= Jumbes of Nkhotakota =

The Jumbes of Nkhotakota were a dynasty of Swahili Arab traders based in Nkhotakota, on the western shore of Lake Malawi. They were running an East-West caravan trade, exchanging cloths from the Swahili coast for ivory and slaves. They introduced the Muslim faith and culture in the Nkhotakota area and were the first to grow rice and coconuts in the region.

== History ==
The founder of the dynasty, Salim bin Abdallah, arrived at Nkhotakota around 1840. He was an Arab from Zanzibar and had previously been involved in slave and ivory trade at Ujiji and Tabora in nowadays Tanzania. He asked the local Chewa chiefs for some land to establish a trading post. He was able to build his power by building dhows that enabled merchants to trade goods across the lake and because he possessed firearms with which he could protect the lake populations against the Ngoni invasions.

The Jumbes brought some 20000 slaves yearly to the port of Kilwa in nowadays Tanzania. The captives were kept in Nkhotakota until there was 1000 of them. They were then shipped across Lake Malawi and forced to walk for three to four month till they arrived to the Kilwa slave market where they were sold. The Scottish explorer and missionary David Livingstone witnessed this slave trade when he visited Nkhotakota in 1861. In 1864, he established a treaty with the Jumbe and the Chew chiefs to put an end to the slave trade. However, it was to no avail and the trade continued.

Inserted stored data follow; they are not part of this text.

// What one look at all slots finds, slot after slot: the first free one, the ranks that are carried, and the oldest slot that is asked for.
ghost use Rattle.std.specs.Prelude.{◌≡◌};
ghost use Rattle.slots.specs.Look.{asked_of, look_of, ranked_of, bit_of, before};

use crate::Slot;
use crate::ask::Ask;

// How many slots wait, a bit for each of the ranks 1 to 64 that one of them has, and whether none breaks a rule by itself: three
// facts, none in another's place.
#[derive(Clone, Copy)]
pub struct Ranks {
    pub count: u32,
    pub mask: u64,
    pub well: bool,
}

// The place and the rank of the oldest slot that is asked for.
#[derive(Clone, Copy)]
pub struct Oldest {
    pub place: usize,
    pub rank: u32,
}

// What is asked, of how many slots; the first free place, which is the size where none is free; and the oldest slot that is asked for. The free
// place is no `Option`: that took twelve instructions for each free slot where this takes nine.
#[derive(Clone, Copy)]
pub struct Seen {
    pub ask: Ask,
    pub size: usize,
    pub free: usize,
    pub ranks: Ranks,
    pub oldest: Option<Oldest>,
}

impl Seen {
    // Before the first slot of a table.
    pub fn new(ask: Ask, size: usize) -> Seen
        ensures { result ≡ asked_of ask size }
    {
        Seen {
            ask,
            size,
            free: size,
            ranks: Ranks {
                count: 0,
                mask: 0,
                well: true,
            },
            oldest: None,
        }
    }

    // The slot at a place is seen.
    #[tactic(auto, unfolding(crate::specs::Look::look_of, crate::specs::Look::first_of, crate::specs::Look::ranked_of, crate::specs::Look::older_of))]
    pub fn look(&mut self, slot: Slot, place: usize)
        ensures { self.new ≡ look_of self.old slot place }
    {
        if slot.rank == 0 {
            self.free = self.free.min(place);
            return;
        }
        self.ranks.mark(slot);
        if self.is_older(slot.rank) && self.ask.is_met(slot) {
            self.oldest = Some(Oldest {
                place,
                rank: slot.rank,
            });
        }
    }

    // Is this rank older than what was found?
    fn is_older(&self, rank: u32) -> bool
        ensures { result ≡ before rank self.now.oldest }
    {
        match self.oldest {
            Some(oldest) => rank < oldest.rank,
            None => true,
        }
    }
}

impl Ranks {
    // A slot that waits is counted and its rank marked. It breaks a rule by itself or if its rank is marked already; and no more than 64 are counted.
    #[tactic(auto, unfolding(crate::specs::Look::ranked_of))]
    fn mark(&mut self, slot: Slot)
        ensures { self.new ≡ ranked_of self.old slot }
    {
        if slot.rank == 0 {
            return;
        }
        if 63 < self.count {
            self.well = false;
            return;
        }
        self.count += 1;
        let bit = bit_of(slot.rank);
        if slot.is_broken() || self.mask & bit != 0 {
            self.well = false;
        } else {
            self.mask |= bit;
        }
    }
}

#[tactic(auto, unfolding(crate::specs::Look::bit_of))]
fn bit_of(rank: u32) -> u64
    ensures { result ≡ bit_of rank }
{
    if rank == 0 || 64 < rank {
        return 0;
    }
    1 << (rank - 1)
}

The Jumbes also engaged in ivory trade. They employed local hunters to collect ivory from the hills west of Nkhotakota. By 1889, the slave trade had faded and the Jumbe derived most of his revenue from the ivory trade. His hunters radiated in every direction from central Malawi. As the Jumbe chiefdom was on the same ivory trade route than the Mwase chiefdom, there was significant infighting between both.

He won a large personal following that he established in villages ruled by his headmen. He insisted that his followers, mainly Yao traders and Chewa refugees, convert to Islam. Ultimately, Salim bin Abdallah set himself as Sultan of Marimba expressing his allegiance for the Sultan of Zanzibar. The Jumbes (meaning "Prince") established their power though indirect rule, relying on the authority of local Chewa chiefs. They did not attempt to convert theirs subjects. However, to promote the chiefs loyalty, they encouraged them to send their male offspring to the Sultanate of Zanzibar so that they would receive an Islamic education.

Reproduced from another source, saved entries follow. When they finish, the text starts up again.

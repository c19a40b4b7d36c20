// What an entry asks of the table, in document 02's order of "else".
ghost use Rattle.std.specs.Prelude.{◌≡◌};
ghost use Rattle.slots.specs.Ask.{ask_of};
ghost use Rattle.slots.specs.Look.{is_asked};

use crate::{Four, Slot};
use entry::Entry;
use entry::kind::Kind;

// The last one is no entry's: a caller asks for the slot that has this rank.
#[derive(Clone, Copy, Debug, PartialEq, Eq, Hash)]
pub enum Ask {
    Dropped,
    Other,
    NoSeq,
    Request(Four),
    Response(Four),
    Rank(u32),
}

impl Ask {
    #[tactic(auto, unfolding(crate::specs::Ask::ask_of, crate::specs::Ask::by_kind, crate::specs::Ask::four_of, crate::specs::Ask::direction_of))]
    pub fn of(e: Entry) -> Ask
        ensures { result ≡ ask_of e }
    {
        if e.dropped {
            return Ask::Dropped;
        }
        let (requests, write) = match Kind::try_from(e.kind) {
            Ok(Kind::ReadRequest) => (true, 0),
            Ok(Kind::ReadResponse) => (false, 0),
            Ok(Kind::WriteRequest) => (true, 1),
            Ok(Kind::WriteResponse) => (false, 1),
            _ => return Ask::Other,
        };
        let Some(seq) = e.seq else {
            return Ask::NoSeq;
        };
        // Responses carry the route's top bit and requests do not.
        let four = Four {
            route: e.route % 0x8000_0000_0000_0000,
            domain: e.domain,
            seq,
            write,
        };
        if requests {
            Ask::Request(four)
        } else {
            Ask::Response(four)
        }
    }

    // Does a slot that waits have what is asked for?
    #[tactic(auto, unfolding(crate::specs::Look::is_asked, crate::specs::Look::same_four))]
    pub(crate) fn is_met(self, slot: Slot) -> bool
        ensures { result ≡ is_asked self slot }
    {
        match self {
            Ask::Response(four) => slot.four == four,
            Ask::Rank(rank) => slot.rank == rank,
            Ask::Dropped | Ask::Other | Ask::NoSeq | Ask::Request(_) => false,
        }
    }
}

At the end of the 19th century, Nkhotakota had become a thriving trade center of 6000 inhabitants. It was the main Islamic outpost in Nyassaland, rice cultivation had been extended along the lake shore.

The power of the Jumbes remained unchallenged until Henry Hamilton Johnston asserted the authority of the British Central Africa Protectorate in this area. He undertook significant efforts to put an end to the slave trade. He attacked the last Jumbe with a Sikh force in 1894 was tried and exiled to Zanzibar.

== Landmarks ==
Some heritage sites of the Jumbes of Nkhotakota can bee seen in Malawi. They include the first mosque built in the country, the graves of the three first Jumbes as well as their lieutenants' graves. The fig trees under which the Jumbe and Livingstone met and agreed to discontinue the slave trade can still be seen.